Saved data entries:
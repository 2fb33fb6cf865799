//! Blocks of every size but one.

/// How many sizes of blocks the C library keeps apart: 24 bytes, 40, 56, and so on.
pub(super) const SIZES: usize = 64;

/// Of one size there are no blocks, but so many of the next one in their place. A freed block is
/// kept for requests of its own size. So each request of the short size takes a block that no later
/// one of that size can have, and the one after so many is refused, whatever was freed in between.
#[derive(Clone, Copy)]
pub(super) struct Short {
    /// The number of the size among the sizes.
    pub(super) number: usize,
    /// So many blocks are in the place of those of the short size.
    pub(super) blocks: usize,
    /// So many blocks are there for requests of the next size itself.
    pub(super) spare: usize,
    /// Whether there are the longer blocks that reading a command's words asks for.
    pub(super) has_long: bool,
}

/// One of these blocks grows where it lies, and four do not grow.
const LONG: [usize; 5] = [10_752, 2_432, 2_432, 2_432, 2_432];

impl Short {
    /// Longer blocks that are there, one of each.
    pub(super) fn long_blocks(&self) -> &'static [usize] {
        if self.has_long { &LONG } else { &[] }
    }

    /// The most bytes of a block.
    pub(super) fn request(number: usize) -> usize {
        24 + 16 * number.min(SIZES)
    }

    /// How many pieces of a size are there that is neither short nor the next one.
    pub(super) fn pieces(&self, number: usize) -> usize {
        if number == self.number || number == self.number.saturating_add(1) {
            return 0;
        }
        // A shorter block cannot be used for a longer one, so there may be many.
        match number {
            0..=3 if number < self.number => 47,
            4..=10 if number < self.number => 15,
            _ => super::supply::KEPT_OF_A_SIZE,
        }
    }
}
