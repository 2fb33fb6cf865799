//! Runs on worker threads, and lanes.
use super::made_again;
use super::programs::{WORKED, table_of};
use super::supply::Supply;
use dispatch_core::kernel::MixKernel;
use std::alloc::AllocGlobal;
use std::process::Abort;
use std::sync::Wait;
use std::test::Fail;
use std::thread::Threads;
use task_segments::table::SegTable;
use worker_run::gate::OpenGate;
use worker_run::lane::{close, lane};
use worker_run::record::{RunFault, RunRecord};
use worker_run::run::{digest, run};

/// A lane with two thieves.
pub(super) fn lane_of_two<H: AllocGlobal + Abort>(rt: &H, supply: &mut Supply) -> Result<(), Fail> {
    supply.before_call();
    let (mut owner, mut thieves) = match lane(rt.alloc(), 3, 2) {
        Ok(ends) => ends,
        Err(_) => {
            supply.refused();
            lane(rt.alloc(), 3, 2)?
        }
    };
    owner.put(1);
    owner.put(2);
    assert_eq!(rt; thieves[1].steal(), Some(1));
    assert_eq!(rt; close(owner, thieves), 1);
    Ok(())
}

/// What a run of a table answers.
pub(super) fn run_table<H: AllocGlobal + Threads + Wait + Sync>(
    rt: &H,
    table: SegTable,
    workers: u32,
) -> Result<RunRecord, RunFault> {
    run(rt, rt.alloc(), table, &MixKernel, &OpenGate, workers)
}

/// A refused run spends its table, so that it is cut anew. A thread that does not start is out of
/// memory too.
pub(super) fn recorded<H: AllocGlobal + Threads + Wait + Abort + Sync>(
    rt: &H,
    supply: &mut Supply,
    workers: u32,
) -> Result<(), Fail> {
    let table = table_of(rt, supply, WORKED)?;
    supply.before_call();
    let made = match run_table(rt, table, workers) {
        Ok(made) => made,
        Err(fault) => {
            supply.refused();
            assert_eq!(rt; fault, RunFault::OutOfMemory);
            let table = table_of(rt, supply, WORKED)?;
            made_again(run_table(rt, table, workers))?
        }
    };
    assert_eq!(rt; digest(made.values.as_slice()), 704969);
    assert_eq!(rt; (made.history.len(), made.graph.edges()), (8, 4));
    Ok(())
}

AIM OF THE EXERCISE: Which of the lines in the data hold the string "owner"? Report each of them by copying it.

ANSWER FOR THE TASK:
    let (mut owner, mut thieves) = match lane(rt.alloc(), 3, 2) {
    owner.put(1);
    owner.put(2);
    assert_eq!(rt; close(owner, thieves), 1);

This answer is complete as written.